Material provided:
------------------------------------
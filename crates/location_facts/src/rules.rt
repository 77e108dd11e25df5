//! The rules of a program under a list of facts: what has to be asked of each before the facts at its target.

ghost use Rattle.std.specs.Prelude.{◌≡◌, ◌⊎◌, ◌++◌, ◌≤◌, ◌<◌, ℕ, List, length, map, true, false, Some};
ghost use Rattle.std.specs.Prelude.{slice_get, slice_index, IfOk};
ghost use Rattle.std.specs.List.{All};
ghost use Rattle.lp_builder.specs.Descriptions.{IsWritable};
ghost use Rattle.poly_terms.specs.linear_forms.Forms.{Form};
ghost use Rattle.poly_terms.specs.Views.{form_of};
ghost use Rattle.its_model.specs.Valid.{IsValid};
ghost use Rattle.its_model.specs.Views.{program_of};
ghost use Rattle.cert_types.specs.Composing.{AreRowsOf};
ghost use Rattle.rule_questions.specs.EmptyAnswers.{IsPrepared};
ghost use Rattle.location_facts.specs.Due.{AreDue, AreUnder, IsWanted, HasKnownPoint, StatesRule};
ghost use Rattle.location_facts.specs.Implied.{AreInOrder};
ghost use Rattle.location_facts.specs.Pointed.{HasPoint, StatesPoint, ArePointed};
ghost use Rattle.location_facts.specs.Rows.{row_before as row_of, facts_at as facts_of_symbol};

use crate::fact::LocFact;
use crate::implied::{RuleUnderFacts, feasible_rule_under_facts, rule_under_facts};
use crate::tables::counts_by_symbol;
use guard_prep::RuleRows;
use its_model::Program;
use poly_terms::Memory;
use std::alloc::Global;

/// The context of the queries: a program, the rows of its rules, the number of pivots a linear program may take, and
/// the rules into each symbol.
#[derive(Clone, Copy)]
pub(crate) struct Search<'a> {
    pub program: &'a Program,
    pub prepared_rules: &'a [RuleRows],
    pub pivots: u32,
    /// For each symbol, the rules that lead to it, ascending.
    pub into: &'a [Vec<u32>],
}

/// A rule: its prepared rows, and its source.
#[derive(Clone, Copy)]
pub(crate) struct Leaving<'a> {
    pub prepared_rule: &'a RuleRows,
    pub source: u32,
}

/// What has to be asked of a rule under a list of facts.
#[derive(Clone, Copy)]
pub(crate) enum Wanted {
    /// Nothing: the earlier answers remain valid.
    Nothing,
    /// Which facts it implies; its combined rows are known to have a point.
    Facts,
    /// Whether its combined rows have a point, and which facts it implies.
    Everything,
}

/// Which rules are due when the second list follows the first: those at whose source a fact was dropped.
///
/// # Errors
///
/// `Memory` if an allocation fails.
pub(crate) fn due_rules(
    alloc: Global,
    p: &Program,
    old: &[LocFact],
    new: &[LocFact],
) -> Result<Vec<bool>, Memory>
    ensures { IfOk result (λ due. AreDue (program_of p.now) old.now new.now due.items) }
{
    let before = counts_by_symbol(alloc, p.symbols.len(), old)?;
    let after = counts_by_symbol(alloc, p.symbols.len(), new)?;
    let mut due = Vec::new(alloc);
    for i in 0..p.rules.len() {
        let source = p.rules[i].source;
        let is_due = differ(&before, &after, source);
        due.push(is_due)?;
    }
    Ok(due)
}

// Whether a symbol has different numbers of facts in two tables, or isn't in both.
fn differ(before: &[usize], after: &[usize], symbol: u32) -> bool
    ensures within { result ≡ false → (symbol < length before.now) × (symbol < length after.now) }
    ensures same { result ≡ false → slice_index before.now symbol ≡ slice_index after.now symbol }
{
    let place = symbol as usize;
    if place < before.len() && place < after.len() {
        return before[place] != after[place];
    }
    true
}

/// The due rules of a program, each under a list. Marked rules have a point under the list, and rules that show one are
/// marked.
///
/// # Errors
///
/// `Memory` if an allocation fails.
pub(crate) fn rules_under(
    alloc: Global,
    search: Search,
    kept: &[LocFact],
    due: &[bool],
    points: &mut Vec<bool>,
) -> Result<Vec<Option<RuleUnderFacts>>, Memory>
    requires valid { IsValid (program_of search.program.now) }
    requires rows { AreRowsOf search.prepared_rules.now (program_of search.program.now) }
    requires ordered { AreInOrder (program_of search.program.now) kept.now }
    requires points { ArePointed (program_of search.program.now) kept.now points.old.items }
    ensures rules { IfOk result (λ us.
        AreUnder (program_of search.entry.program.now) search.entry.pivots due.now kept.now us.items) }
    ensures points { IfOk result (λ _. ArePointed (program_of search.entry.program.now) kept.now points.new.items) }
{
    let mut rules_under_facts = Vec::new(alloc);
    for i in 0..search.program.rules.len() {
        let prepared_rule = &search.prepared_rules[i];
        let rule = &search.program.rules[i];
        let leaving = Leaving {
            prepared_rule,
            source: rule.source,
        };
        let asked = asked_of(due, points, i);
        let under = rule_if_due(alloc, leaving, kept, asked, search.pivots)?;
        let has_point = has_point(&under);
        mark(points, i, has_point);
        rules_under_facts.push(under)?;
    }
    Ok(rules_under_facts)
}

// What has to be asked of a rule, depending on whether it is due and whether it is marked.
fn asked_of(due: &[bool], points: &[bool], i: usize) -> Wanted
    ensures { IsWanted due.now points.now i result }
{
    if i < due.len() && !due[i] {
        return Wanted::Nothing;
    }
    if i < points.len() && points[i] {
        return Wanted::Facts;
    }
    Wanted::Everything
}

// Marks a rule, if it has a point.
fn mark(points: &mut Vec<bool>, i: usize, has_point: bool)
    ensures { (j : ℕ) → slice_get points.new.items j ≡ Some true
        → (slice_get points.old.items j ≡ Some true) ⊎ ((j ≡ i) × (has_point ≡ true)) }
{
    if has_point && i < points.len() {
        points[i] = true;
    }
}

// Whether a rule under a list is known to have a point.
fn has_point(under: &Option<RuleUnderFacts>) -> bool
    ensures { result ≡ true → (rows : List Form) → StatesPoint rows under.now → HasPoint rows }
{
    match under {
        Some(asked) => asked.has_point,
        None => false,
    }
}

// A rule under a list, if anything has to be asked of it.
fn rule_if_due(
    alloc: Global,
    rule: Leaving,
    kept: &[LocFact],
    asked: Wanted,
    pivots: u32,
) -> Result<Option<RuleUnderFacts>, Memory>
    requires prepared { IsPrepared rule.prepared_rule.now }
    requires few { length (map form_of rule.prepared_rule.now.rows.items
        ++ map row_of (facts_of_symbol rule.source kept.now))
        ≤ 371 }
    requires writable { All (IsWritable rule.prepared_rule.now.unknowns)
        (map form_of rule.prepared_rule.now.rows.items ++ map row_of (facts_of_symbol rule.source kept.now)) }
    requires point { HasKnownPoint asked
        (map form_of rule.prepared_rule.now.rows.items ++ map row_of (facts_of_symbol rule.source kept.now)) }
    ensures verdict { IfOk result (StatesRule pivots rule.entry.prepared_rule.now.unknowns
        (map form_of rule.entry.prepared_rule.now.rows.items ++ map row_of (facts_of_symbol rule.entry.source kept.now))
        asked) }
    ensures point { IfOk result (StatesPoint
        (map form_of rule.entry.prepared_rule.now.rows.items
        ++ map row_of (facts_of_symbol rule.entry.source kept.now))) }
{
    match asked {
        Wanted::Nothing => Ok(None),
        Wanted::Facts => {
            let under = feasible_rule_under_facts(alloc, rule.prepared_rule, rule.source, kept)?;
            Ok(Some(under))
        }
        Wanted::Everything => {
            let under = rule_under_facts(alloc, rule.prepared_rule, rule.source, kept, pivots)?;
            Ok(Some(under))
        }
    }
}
------------------------------------
Instructions to follow: All of the records need to be returned exactly as they are.

Response:
filename crates/location_facts/src/rules.rt
repository 77e108dd11e25df5
//! The rules of a program under a list of facts: what has to be asked of each before the facts at its target.

ghost use Rattle.std.specs.Prelude.{◌≡◌, ◌⊎◌, ◌++◌, ◌≤◌, ◌<◌, ℕ, List, length, map, true, false, Some};
ghost use Rattle.std.specs.Prelude.{slice_get, slice_index, IfOk};
ghost use Rattle.std.specs.List.{All};
ghost use Rattle.lp_builder.specs.Descriptions.{IsWritable};
ghost use Rattle.poly_terms.specs.linear_forms.Forms.{Form};
ghost use Rattle.poly_terms.specs.Views.{form_of};
ghost use Rattle.its_model.specs.Valid.{IsValid};
ghost use Rattle.its_model.specs.Views.{program_of};
ghost use Rattle.cert_types.specs.Composing.{AreRowsOf};
ghost use Rattle.rule_questions.specs.EmptyAnswers.{IsPrepared};
ghost use Rattle.location_facts.specs.Due.{AreDue, AreUnder, IsWanted, HasKnownPoint, StatesRule};
ghost use Rattle.location_facts.specs.Implied.{AreInOrder};
ghost use Rattle.location_facts.specs.Pointed.{HasPoint, StatesPoint, ArePointed};
ghost use Rattle.location_facts.specs.Rows.{row_before as row_of, facts_at as facts_of_symbol};

use crate::fact::LocFact;
use crate::implied::{RuleUnderFacts, feasible_rule_under_facts, rule_under_facts};
use crate::tables::counts_by_symbol;
use guard_prep::RuleRows;
use its_model::Program;
use poly_terms::Memory;
use std::alloc::Global;

/// The context of the queries: a program, the rows of its rules, the number of pivots a linear program may take, and
/// the rules into each symbol.
#[derive(Clone, Copy)]
pub(crate) struct Search<'a> {
    pub program: &'a Program,
    pub prepared_rules: &'a [RuleRows],
    pub pivots: u32,
    /// For each symbol, the rules that lead to it, ascending.
    pub into: &'a [Vec<u32>],
}

/// A rule: its prepared rows, and its source.
#[derive(Clone, Copy)]
pub(crate) struct Leaving<'a> {
    pub prepared_rule: &'a RuleRows,
    pub source: u32,
}

/// What has to be asked of a rule under a list of facts.
#[derive(Clone, Copy)]
pub(crate) enum Wanted {
    /// Nothing: the earlier answers remain valid.
    Nothing,
    /// Which facts it implies; its combined rows are known to have a point.
    Facts,
    /// Whether its combined rows have a point, and which facts it implies.
    Everything,
}

/// Which rules are due when the second list follows the first: those at whose source a fact was dropped.
///
/// # Errors
///
/// `Memory` if an allocation fails.
pub(crate) fn due_rules(
    alloc: Global,
    p: &Program,
    old: &[LocFact],
    new: &[LocFact],
) -> Result<Vec<bool>, Memory>
    ensures { IfOk result (λ due. AreDue (program_of p.now) old.now new.now due.items) }
{
    let before = counts_by_symbol(alloc, p.symbols.len(), old)?;
    let after = counts_by_symbol(alloc, p.symbols.len(), new)?;
    let mut due = Vec::new(alloc);
    for i in 0..p.rules.len() {
        let source = p.rules[i].source;
        let is_due = differ(&before, &after, source);
        due.push(is_due)?;
    }
    Ok(due)
}

// Whether a symbol has different numbers of facts in two tables, or isn't in both.
fn differ(before: &[usize], after: &[usize], symbol: u32) -> bool
    ensures within { result ≡ false → (symbol < length before.now) × (symbol < length after.now) }
    ensures same { result ≡ false → slice_index before.now symbol ≡ slice_index after.now symbol }
{
    let place = symbol as usize;
    if place < before.len() && place < after.len() {
        return before[place] != after[place];
    }
    true
}

/// The due rules of a program, each under a list. Marked rules have a point under the list, and rules that show one are
/// marked.
///
/// # Errors
///
/// `Memory` if an allocation fails.
pub(crate) fn rules_under(
    alloc: Global,
    search: Search,
    kept: &[LocFact],
    due: &[bool],
    points: &mut Vec<bool>,
) -> Result<Vec<Option<RuleUnderFacts>>, Memory>
    requires valid { IsValid (program_of search.program.now) }
    requires rows { AreRowsOf search.prepared_rules.now (program_of search.program.now) }
    requires ordered { AreInOrder (program_of search.program.now) kept.now }
    requires points { ArePointed (program_of search.program.now) kept.now points.old.items }
    ensures rules { IfOk result (λ us.
        AreUnder (program_of search.entry.program.now) search.entry.pivots due.now kept.now us.items) }
    ensures points { IfOk result (λ _. ArePointed (program_of search.entry.program.now) kept.now points.new.items) }
{
    let mut rules_under_facts = Vec::new(alloc);
    for i in 0..search.program.rules.len() {
        let prepared_rule = &search.prepared_rules[i];
        let rule = &search.program.rules[i];
        let leaving = Leaving {
            prepared_rule,
            source: rule.source,
        };
        let asked = asked_of(due, points, i);
        let under = rule_if_due(alloc, leaving, kept, asked, search.pivots)?;
        let has_point = has_point(&under);
        mark(points, i, has_point);
        rules_under_facts.push(under)?;
    }
    Ok(rules_under_facts)
}

// What has to be asked of a rule, depending on whether it is due and whether it is marked.
fn asked_of(due: &[bool], points: &[bool], i: usize) -> Wanted
    ensures { IsWanted due.now points.now i result }
{
    if i < due.len() && !due[i] {
        return Wanted::Nothing;
    }
    if i < points.len() && points[i] {
        return Wanted::Facts;
    }
    Wanted::Everything
}

// Marks a rule, if it has a point.
fn mark(points: &mut Vec<bool>, i: usize, has_point: bool)
    ensures { (j : ℕ) → slice_get points.new.items j ≡ Some true
        → (slice_get points.old.items j ≡ Some true) ⊎ ((j ≡ i) × (has_point ≡ true)) }
{
    if has_point && i < points.len() {
        points[i] = true;
    }
}

// Whether a rule under a list is known to have a point.
fn has_point(under: &Option<RuleUnderFacts>) -> bool
    ensures { result ≡ true → (rows : List Form) → StatesPoint rows under.now → HasPoint rows }
{
    match under {
        Some(asked) => asked.has_point,
        None => false,
    }
}

// A rule under a list, if anything has to be asked of it.
fn rule_if_due(
    alloc: Global,
    rule: Leaving,
    kept: &[LocFact],
    asked: Wanted,
    pivots: u32,
) -> Result<Option<RuleUnderFacts>, Memory>
    requires prepared { IsPrepared rule.prepared_rule.now }
    requires few { length (map form_of rule.prepared_rule.now.rows.items
        ++ map row_of (facts_of_symbol rule.source kept.now))
        ≤ 371 }
    requires writable { All (IsWritable rule.prepared_rule.now.unknowns)
        (map form_of rule.prepared_rule.now.rows.items ++ map row_of (facts_of_symbol rule.source kept.now)) }
    requires point { HasKnownPoint asked
        (map form_of rule.prepared_rule.now.rows.items ++ map row_of (facts_of_symbol rule.source kept.now)) }
    ensures verdict { IfOk result (StatesRule pivots rule.entry.prepared_rule.now.unknowns
        (map form_of rule.entry.prepared_rule.now.rows.items ++ map row_of (facts_of_symbol rule.entry.source kept.now))
        asked) }
    ensures point { IfOk result (StatesPoint
        (map form_of rule.entry.prepared_rule.now.rows.items
        ++ map row_of (facts_of_symbol rule.entry.source kept.now))) }
{
    match asked {
        Wanted::Nothing => Ok(None),
        Wanted::Facts => {
            let under = feasible_rule_under_facts(alloc, rule.prepared_rule, rule.source, kept)?;
            Ok(Some(under))
        }
        Wanted::Everything => {
            let under = rule_under_facts(alloc, rule.prepared_rule, rule.source, kept, pivots)?;
            Ok(Some(under))
        }
    }
}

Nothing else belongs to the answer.